La responsabilidad del Ejecutivo: el juez dicta, el Estado debe financiar
El eje político más directo de la exposición de Flamini fue su apelación explícita al Poder Ejecutivo. La magistrada trazó con claridad la división de responsabilidades institucionales: los jueces pueden dictar las mejores resoluciones posibles, pero su eficacia depende de que el Estado provea los recursos materiales para ejecutarlas. «Esto es una responsabilidad del Estado, sobre todo a través del Ejecutivo… tengo que darle los recursos porque si no queda todo en letra muerta», afirmó.
La frase «letra muerta» no es retórica judicial: es la descripción precisa de lo que ocurre cuando una ley bien diseñada choca con un presupuesto que no la acompaña. En el caso de la ley penal juvenil, el desfinanciamiento no es una proyección futura: es una realidad presente que ya pone en riesgo la implementación antes de que esta haya comenzado formalmente.
En la capital riojana, la única alternativa disponible para el alojamiento de niños y adolescentes en situación de vulnerabilidad son las casas de acogida dependientes de la Dirección de Niñez y Adolescencia. Flamini reconoció que esos dispositivos resultan insuficientes para la demanda actual —antes de que la nueva ley penal juvenil sume sus propios requerimientos de alojamiento especializado al sistema.

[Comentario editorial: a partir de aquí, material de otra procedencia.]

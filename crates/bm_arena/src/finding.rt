//! The number that a path leads to.

ghost use Rattle.std.specs.Prelude.{◌≡◌, option_map, slice_get};
ghost use Rattle.spec_terms.specs.Term.{Contract as Term};
ghost use Rattle.spec_terms.specs.Paths.{at, contract_under};
ghost use Rattle.spec_nodes.specs.Nodes.{nodes_of};
ghost use Rattle.spec_nodes.specs.Numbers as spec;
ghost use Rattle.bm_arena.specs.NodeView.{node_view, deed_view};

use crate::arena::Arena;
use crate::node::{Core, Node};
use bm_syntax::{Path, PathStep};
use theory_nodes::{branches_are_found, choices_are_found};

// The number at index i.
fn nth(numbers: &[u32], i: u32) -> Option<u32>
    ensures { result ≡ slice_get numbers.now i }
{
    numbers.get(i as usize).copied()
}

// The number of part k's choice.
fn nth_part(parts: &[(u64, u32)], k: u32) -> Option<u32>
    ensures { result ≡ option_map (λ p. p.1) (slice_get parts.now k) }
{
    match parts.get(k as usize) {
        Some((_, number)) => Some(*number),
        None => None,
    }
}

// The number of branch i of a choice.
fn branch_number(node: &Node, i: u32) -> Option<u32>
    ensures { result ≡ spec.branch_number (node_view node.now) i }
{
    match node {
        Node::Choice { branches, .. } => nth(branches, i),
        Node::Branch { .. } => None,
    }
}

// The number, if the node is a branch.
fn if_branch(number: u32, node: &Node) -> Option<u32>
    ensures { result ≡ spec.if_branch number (node_view node.now) }
{
    match node {
        Node::Choice { .. } => None,
        Node::Branch { .. } => Some(number),
    }
}

// The number of the choice that the node is or goes on with.
fn if_choice(number: u32, node: &Node) -> Option<u32>
    ensures { result ≡ spec.if_choice number (node_view node.now) }
{
    match node {
        Node::Choice { .. } => Some(number),
        Node::Branch { core, .. } => next_choice(core),
    }
}

// The number of the choice that a put or reveal goes on with.
fn next_choice(core: &Core) -> Option<u32>
    ensures { result ≡ spec.deed_choice (deed_view core.now) }
{
    match core {
        Core::PutReveal { next, .. } => Some(*next),
        _ => None,
    }
}

impl Arena {
    // The number that a step leads to from a branch that does this.
    fn deed_step(&self, core: &Core, step: PathStep) -> Option<u32>
        ensures { result ≡ spec.deed_step self.now (deed_view core.now) step }
    {
        match (core, step) {
            (Core::PutReveal { next, .. }, PathStep::Branch(i)) => branch_number(
                self.node(*next)?,
                i,
            ),
            (Core::Split { parts }, PathStep::Part(k)) => nth_part(parts, k),
            _ => None,
        }
    }

    // The number that a step leads to from a node.
    fn node_step(&self, node: &Node, step: PathStep) -> Option<u32>
        ensures { result ≡ spec.node_step self.now (node_view node.now) step }
    {
        match (node, step) {
            (Node::Choice { branches, .. }, PathStep::Branch(i)) => nth(branches, i),
            (Node::Choice { .. }, PathStep::Part(_)) => None,
            (Node::Branch { core, .. }, step) => self.deed_step(core, step),
        }
    }

    // The number that a step leads to from the node of this number.
    #[tactic(auto, unfolding(spec_nodes::specs::Numbers::next_number))]
    fn next_number(&self, number: u32, step: PathStep) -> Option<u32>
        ensures { result ≡ spec.next_number self.now number step }
    {
        self.node_step(self.node(number)?, step)
    }

    // The number that a path leads to.
    fn follow(&self, path: &Path) -> Option<u32>
        ensures { result ≡ spec.number_from self.now 0 path.now }
    {
        let mut number = 0;
        for step in path.steps() {
            number = self.next_number(number, *step)?;
        }
        Some(number)
    }

    // The number of the branch at a path.
    fn branch_at(&self, path: &Path) -> Option<u32>
        ensures { result ≡ spec.number_at self.now path.now }
    {
        let number = self.follow(path)?;
        if_branch(number, self.node(number)?)
    }

    // The number of the choice at a position.
    fn choice_at(&self, position: &Path) -> Option<u32>
        ensures { result ≡ spec.choice_number_at self.now position.now }
    {
        let number = self.follow(position)?;
        if_choice(number, self.node(number)?)
    }

    /// The number of the branch at this path, if there is one.
    pub fn find(&self, path: &Path) -> Option<u32>
        ensures by_nodes { result ≡ spec.number_at self.now path.now }
        ensures by_term { (root : Term) → self.now ≡ nodes_of root → spec.IsBranchOf self.now path.now result (at root path.now) }
    {
        branches_are_found();
        self.branch_at(path)
    }

    /// The number of the choice at this position, if there is one.
    pub fn find_choice(&self, position: &Path) -> Option<u32>
        ensures by_nodes { result ≡ spec.choice_number_at self.now position.now }
        ensures by_term { (root : Term) → self.now ≡ nodes_of root
            → spec.IsChoiceOf self.now position.now result (contract_under root position.now) }
    {
        choices_are_found();
        self.choice_at(position)
    }
}
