//! The words of `bitml deal`: which command they are, and which files it reads.
#![tactic(auto)]

mod command;
mod files;
mod words;

pub use command::DealCommand;
pub use files::files_of;
pub use words::command_of;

El sistema acusatorio como horizonte compartido
La charla de Flamini en Chilecito coincide en el diagnóstico central con el que días antes formuló la jueza Karina Becerra desde el Tribunal Superior de Justicia: el sistema penal riojano es lento, viejo y necesita migrar hacia el modelo acusatorio adversarial. Que dos magistradas de distintos niveles del Poder Judicial provincial hagan ese planteo en foros públicos con pocos días de diferencia no es casual. Es la señal de que dentro del propio sistema judicial existe una demanda de reforma que ya no encuentra canales de resolución internos y comienza a trasladarse al debate político más amplio.
El sistema acusatorio traslada la carga de la investigación a los fiscales y reserva al juez la función de garante de derechos y árbitro del proceso. Es el modelo que la mayoría de las provincias argentinas adoptó en los últimos veinte años con resultados verificables en reducción de la mora y mejora en las tasas de resolución. La Rioja es una de las pocas jurisdicciones que no completó esa transición. Lo que Flamini y Becerra están señalando, desde sus respectivos lugares institucionales, es que el costo de seguir postergándola ya no es solo de eficiencia judicial: es un costo en derechos concretos de personas concretas que el sistema no puede proteger con las herramientas que tiene.